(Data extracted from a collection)
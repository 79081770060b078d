//! The lines that `bind` writes.

ghost use Rattle.std.specs.Prelude.{◌≡◌, ◌++◌, ◌<◌, flat_map, true, OnOk, Some};
ghost use Rattle.std.specs.Option.{option_copied};
ghost use Rattle.std.specs.String.{string_bytes};
ghost use Rattle.scope_rule.specs.Choose.{want_of};
ghost use Rattle.scope_rule.specs.Relocation.{names_symbols};
ghost use Rattle.sym_lookup.specs.Looking.{want_for};
ghost use Rattle.cli_text.specs.Lines.{object_line, choice_text, version_of, slot_text, slot_lines};

use ld_base::{Choice, Loaded, Name, Symbol, Want};
use std::alloc::AllocError;
use std::fmt;
use sym_lookup::References;

/// A choice, as it is written.
#[derive(Clone, Copy)]
struct Chosen(Choice);

impl fmt::Display for Chosen {
    ghost output = { λ c. Some (choice_text c.0) };

    fn fmt<W: fmt::Write>(&self, f: &mut fmt::Formatter<W>) -> fmt::Result {
        match self.0 {
            Choice::Def(serial, index) => {
                let serial = serial.number();
                write!(f, "{serial}.{index}")
            }
            Choice::WeakZero => write!(f, "weak"),
            Choice::Missing => write!(f, "missing"),
        }
    }
}

/// The version that a reference asks for, if any.
pub(crate) fn version_of(want: &Want) -> Option<&Name>
    ensures { option_copied result ≡ version_of want.now }
{
    match want {
        Want::Version(name) | Want::Dlvsym(name) => Some(name),
        Want::Plain | Want::Dlsym => None,
    }
}

fn write_object(text: &mut String, object: &Loaded) -> Result<(), AllocError>
    ensures { OnOk result (string_bytes text.new ≡ string_bytes text.old ++ object_line object.now) }
{
    let serial = object.serial.number();
    let path = &object.path;
    writeln!(text, "object {serial} {path}")
}

/// Writes a slot, the reference of which asks for this version.
#[tactic(auto, unfolding(crate::specs::Lines::slot_text))]
fn write_slot(
    text: &mut String,
    owner: &Loaded,
    number: usize,
    symbol: &Symbol,
    version: Option<&Name>,
    choice: Choice,
) -> Result<(), AllocError>
    requires { want_of owner.now.object symbol.now ≡ want_for (option_copied version) }
    ensures { OnOk result (string_bytes text.new ≡ string_bytes text.old ++ slot_text owner.now number symbol.now choice) }
{
    let choice = Chosen(choice);
    let serial = owner.serial.number();
    let name = &symbol.name;
    match version {
        Some(version) => writeln!(text, "slot {serial} {number} {name} {version} -> {choice}"),
        None => writeln!(text, "slot {serial} {number} {name} - -> {choice}"),
    }
}

/// Writes the slots of an object, whose references these are, in order.
pub(crate) fn write_each_slot(
    text: &mut String,
    references: &mut References,
    owner: &Loaded,
) -> Result<(), AllocError>
    requires names { names_symbols owner.now.object ≡ true }
    requires owner { references.old.owner ≡ owner.now }
    ensures { OnOk result (string_bytes text.new ≡ string_bytes text.old ++ slot_lines references.old.seen owner.now) }
{
    for (number, slot) in owner.object.plt_relocs.as_slice().iter().enumerate() {
        let symbol = &owner.object.symbols.as_slice()[slot.symbol as usize];
        let choice = references.choice(slot);
        let version = references.version(symbol);
        write_slot(text, owner, number, symbol, version, choice)?;
    }
    Ok(())
}

/// Writes the line of each object.
pub(crate) fn write_objects(text: &mut String, objects: &[Loaded]) -> Result<(), AllocError>
    ensures { OnOk result (string_bytes text.new ≡ string_bytes text.old ++ flat_map object_line objects.now) }
{
    for object in objects {
        write_object(text, object)?;
    }
    Ok(())
}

• **Task to carry out**:
Please show the lines in the entries above that hold the string "Chosen".

• **Written reply**:
struct Chosen(Choice);
impl fmt::Display for Chosen {
    let choice = Chosen(choice);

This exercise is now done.